Non-coding doesn’t ‘translate’ to non-functional when it comes to evolution

What is it that has allowed more “complex” species to evolve from simpler species? The popular notion that the addition of new protein coding genes is responsible for this increased complexity has been challenged over the last decade. It is becoming apparent that, although new proteins certainly are important, the amount of conserved sequence is far greater than can be accounted for by protein coding genes alone. A number of papers have addressed the issue of how much sequence is conserved and whether these conserved sequences are actually functional [1, 2]. A recent paper by Meader, Ponting and Lunter, entitled “Massive Turnover of functional sequence in human and other mammalian genomes” [3] addresses this issue and comes to some fascinating conclusions.

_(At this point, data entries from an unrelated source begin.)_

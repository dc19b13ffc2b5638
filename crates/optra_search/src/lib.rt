//! Branching: what the plan of a search is, its laws, and the leg on which a node is split.
#![tactic(auto)]

use optra_network::Cents;
use optra_node::Item;
use optra_walk::Choice;
use std::marker::Model;

mod closing;
mod entered;
mod fixing;
mod freeing;
mod laws;
mod means;
pub mod planning;
mod pricing;
mod repairing;
mod searching;
mod settling;
mod splitting;
mod turning;
mod waiting;

pub use entered::Entered;
pub use laws::{certified_plans, plan_laws};
pub use repairing::Repairer;

/// How far a plan goes.
#[derive(Clone, Copy, Debug, PartialEq, Eq)]
pub struct Limits {
    /// The most price steps at a node.
    pub steps: u32,
    /// The most nodes that are taken, at least 1.
    pub budget: u64,
}

/// A choice, and what shows how good it is. The choice, the revenue, the bound and the tree are the parts of a certificate.
#[derive(Drop)]
pub struct Plan<R> {
    /// For each bid the walk that serves it, or none.
    pub choice: Choice,
    /// What the choice earns, in cents.
    pub revenue: Cents,
    /// No choice that keeps the rule earns more cents than this. It is above the revenue only where the budget was spent.
    pub bound: Cents,
    /// How many nodes were taken.
    pub nodes: u64,
    /// The items of the nodes, in preorder.
    pub tree: Vec<Item<R>>,
}

impl<R> Model for Plan<R> {
    ghost use Rattle.optra_search.specs.Planner.{Planned};

    ghost Value = { Planned R };

    ghost view = { λ a. record { choice = a.choice; revenue = a.revenue; bound = a.bound; nodes = a.nodes; tree = a.tree.items } };
}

Many studies have involved the examination of point mutation rates and, in particular, what fraction of those point mutations are neutral [1]. Chiaromonte, et al [1] point out that about 5% of the human genome has undergone fewer point mutations than would have been expected were those mutations neutral. This suggests that there is some pressure to remove the deleterious mutations (purifying selection) from this DNA. Since only about 1.06% of the human genome codes for protein sequences [4], the remainder of the 5% must reside in non-coding sequences.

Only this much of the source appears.